"""
Adebayo Cascading Randomization for ViT-base
=============================================
Creates progressively randomized versions of a fine-tuned ViT model
following the cascading randomization protocol of Adebayo et al. (2018).

Weights are reinitialized using each layer's default reset_parameters()
method (matching the original paper's approach). The classification head
is left intact at all levels — randomizing it is trivially uninformative.

Usage:
    python create_adebayo_models.py --model_path /path/to/finetuned_model \
                                     --output_dir /path/to/output

Each cascade level saves a full model loadable via:
    ViTForImageClassification.from_pretrained(level_path)
"""

import argparse
import os
import copy
import torch
from transformers import ViTForImageClassification, ViTImageProcessor


# ── Cascade levels ──────────────────────────────────────────────────────
# Each entry: (level_name, description, encoder_blocks_to_randomize, randomize_embeddings)
CASCADE_LEVELS = [
    ("level_0_original",    "Original model (no randomization)",             [],               False),
    ("level_1_block11",     "Top encoder block randomized (block 11)",       [11],             False),
    ("level_2_blocks8to11", "Top third randomized (blocks 8-11)",            [8, 9, 10, 11],   False),
    ("level_3_blocks6to11", "Top half randomized (blocks 6-11)",             [6, 7, 8, 9, 10, 11], False),
    ("level_4_blocks0to11", "All encoder blocks randomized (blocks 0-11)",   list(range(12)),   False),
    ("level_5_all",         "Full randomization (encoder + embeddings)",      list(range(12)),   True),
]


def reset_module_parameters(module):
    """
    Recursively reset parameters of a module using its default initialization.
    Falls back to xavier_uniform for weights and zeros for biases if
    reset_parameters() is not available.
    """
    # If the module itself has reset_parameters, use it
    if hasattr(module, 'reset_parameters'):
        module.reset_parameters()
        return

    # Otherwise, recurse into children
    has_children = False
    for child in module.children():
        has_children = True
        reset_module_parameters(child)

    # For leaf modules without reset_parameters, reinitialize directly
    if not has_children:
        for name, param in module.named_parameters(recurse=False):
            if param.dim() >= 2:
                torch.nn.init.xavier_uniform_(param)
            elif param.dim() == 1:
                torch.nn.init.zeros_(param)
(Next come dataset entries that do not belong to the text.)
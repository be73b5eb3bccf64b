// What is found out of a shape before its table is filled.
ghost use Rattle.std.specs.Prelude.{◌≡◌, ◌*◌, ◌≤◌};
ghost use Rattle.tables.specs.Shapes.{FormOf};
ghost use Rattle.tables.specs.Table.{Few};
ghost use Rattle.tables.specs.Plans.{PlanOf, SizesFor, cells_for, start_for, end_for};
ghost use Rattle.grid.specs.Grids.{GridOf};

use job::Job;
use tables::{Plan, Shape};

// The steps of a shape, and how far back each one's cells lie. It is lent, and its plan goes beside it by value.
// kept: with the plan in it too, which is read anew after each write to the table, a count of 32 columns takes 6% more instructions
#[derive(Clone, Copy)]
pub(crate) struct Grid {
    pub(crate) sa: [usize; Job::STEPS],
    pub(crate) sc: [usize; Job::STEPS],
    pub(crate) off: [usize; Job::STEPS],
}

// The greater of hi and six times the slope of a step that is there.
fn steeper(hi: usize, a: usize, c: usize, ex: usize) -> usize
    requires { (hi ≤ 72) × (1 ≤ a) × (a ≤ ex → a ≤ 3) × (c ≤ 12) }
    ensures { (hi ≤ result) × (result ≤ 72) × (a ≤ ex → 6 * c ≤ result * a) }
{
    if ex < a {
        return hi;
    }
    if a == 1 {
        return hi.max(6 * c);
    }
    if a == 2 {
        return hi.max(3 * c);
    }
    hi.max(2 * c)
}

// The greater of deep and the height of a step that is there.
fn deeper(deep: usize, a: usize, c: usize, top: usize, ex: usize) -> usize
    requires { (deep ≤ top) × (c ≤ top) }
    ensures { (deep ≤ result) × (result ≤ top) × (a ≤ ex → c ≤ result) }
{
    if ex < a { deep } else { deep.max(c) }
}

fn is_few(sa: &[usize; Job::STEPS], ex: usize) -> bool
    ensures { Few result sa.now ex }
{
    sa[4..].iter().all(|a| ex < *a)
}

// The plan of a shape.
pub(crate) fn plan_of(s: &Shape) -> Plan
    requires { FormOf s.now }
    ensures { PlanOf s.now result }
{
    let mut hi: usize = 0;
    let mut deep: usize = 0;
    for i in 0..Job::STEPS {
        let a = s.sa[i];
        let c = s.sc[i];
        hi = steeper(hi, a, c, s.ex);
        deep = deeper(deep, a, c, s.top, s.ex);
    }
    let few = is_few(&s.sa, s.ex);
    let wall = s.wall;
    Plan {
        few,
        k: s.k,
        wall,
        top: s.top,
        hi,
        deep,
        ex: s.ex,
        ey: s.ey,
    }
}

// The grid of a shape and its plan.
pub(crate) fn grid_of(s: &Shape, p: Plan) -> Grid
    requires { PlanOf s.now p }
    ensures { GridOf s.now p result }
{
    let stride = p.deep + p.ey + 1;
    let mut off = [0usize; Job::STEPS];
    for i in 0..Job::STEPS {
        off[i] = s.sa[i] * stride + s.sc[i];
    }
    Grid {
        sa: s.sa,
        sc: s.sc,
        off,
    }
}

// How many cells the table has.
pub(crate) fn cells_of(p: Plan) -> usize
    requires { SizesFor p }
    ensures { result ≡ cells_for p }
{
    (p.ex + 2) * (p.deep + p.ey + 1)
}

// Where the start's cell stands.
pub(crate) fn start_of(p: Plan) -> usize
    requires { SizesFor p }
    ensures { result ≡ start_for p }
{
    p.deep + p.ey + 1 + p.deep
}

// Where the end's does.
pub(crate) fn end_of(p: Plan) -> usize
    requires { SizesFor p }
    ensures { result ≡ end_for p }
{
    (p.ex + 1) * (p.deep + p.ey + 1) + p.deep + p.ey
}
def randomize_encoder_block(model, block_idx):
    """Randomize all parameters in a specific encoder block."""
    block = model.vit.encoder.layer[block_idx]
    reset_module_parameters(block)


def randomize_embeddings(model):
    """Randomize patch embeddings and position embeddings."""
    # Patch embedding projection (Conv2d)
    reset_module_parameters(model.vit.embeddings.patch_embeddings)

    # Position embeddings (nn.Parameter, not a module)
    pos_emb = model.vit.embeddings.position_embeddings
    torch.nn.init.xavier_uniform_(pos_emb.data.unsqueeze(0))  # unsqueeze for 2D init
    # Squeeze back if needed — xavier works on 2D+ tensors
    # pos_emb is shape (1, num_patches+1, hidden_size), so we can init directly:
    torch.nn.init.normal_(pos_emb.data, mean=0.0, std=0.02)

    # CLS token
    cls_token = model.vit.embeddings.cls_token
    torch.nn.init.normal_(cls_token.data, mean=0.0, std=0.02)


def create_cascade_model(base_model, blocks_to_randomize, do_randomize_embeddings):
    """
    Create a cascaded-randomization copy of the model.
    The classification head is NEVER randomized.
    """
    model = copy.deepcopy(base_model)
    model.eval()

    for block_idx in blocks_to_randomize:
        randomize_encoder_block(model, block_idx)

    if do_randomize_embeddings:
        randomize_embeddings(model)

    return model


def main():
    parser = argparse.ArgumentParser(
        description="Create Adebayo cascading randomization models for ViT"
    )
    parser.add_argument(
        "--model_path", type=str, required=True,
        help="Path to fine-tuned ViT model (saved via Trainer/save_pretrained)"
    )
    parser.add_argument(
        "--output_dir", type=str, required=True,
        help="Parent directory for saving cascade models"
    )
    args = parser.parse_args()

    # ── Load base model ─────────────────────────────────────────────────
    print(f"Loading fine-tuned model from: {args.model_path}")
    base_model = ViTForImageClassification.from_pretrained(args.model_path)
    base_model.eval()

    # Also copy the processor so each level is self-contained
    processor = ViTImageProcessor.from_pretrained(args.model_path)

    # Verify architecture
    num_blocks = len(base_model.vit.encoder.layer)
    print(f"Model has {num_blocks} encoder blocks")
    total_params = sum(p.numel() for p in base_model.parameters())
    print(f"Total parameters: {total_params:,}")

    # ── Create cascade levels ───────────────────────────────────────────
    os.makedirs(args.output_dir, exist_ok=True)

    for level_name, description, blocks, do_embeddings in CASCADE_LEVELS:
        level_path = os.path.join(args.output_dir, level_name)
        print(f"\n{'='*60}")
        print(f"Creating: {level_name}")
        print(f"  {description}")

        if blocks:
            print(f"  Randomizing encoder blocks: {blocks}")
        if do_embeddings:
            print(f"  Randomizing patch/position embeddings and CLS token")

        model = create_cascade_model(base_model, blocks, do_embeddings)

        # ── Quick sanity check: count how many params differ ────────
        n_changed = 0
        n_total = 0
        for (name_orig, p_orig), (name_new, p_new) in zip(
            base_model.named_parameters(), model.named_parameters()
        ):
            n_total += p_orig.numel()
            n_changed += (p_orig != p_new).sum().item()

        pct_changed = 100.0 * n_changed / n_total
        print(f"  Parameters changed: {n_changed:,} / {n_total:,} ({pct_changed:.1f}%)")

        # ── Save ────────────────────────────────────────────────────
        model.save_pretrained(level_path)
        processor.save_pretrained(level_path)
        print(f"  Saved to: {level_path}")

    # ── Summary ─────────────────────────────────────────────────────────
    print(f"\n{'='*60}")
    print("Summary of cascade levels:")
    print(f"{'='*60}")
    for level_name, description, blocks, do_embeddings in CASCADE_LEVELS:
        level_path = os.path.join(args.output_dir, level_name)
        print(f"  {level_name:30s} -> {level_path}")
    print(f"\nAll models loadable via:")
    print(f"  ViTForImageClassification.from_pretrained('<level_path>')")


if __name__ == "__main__":
    main()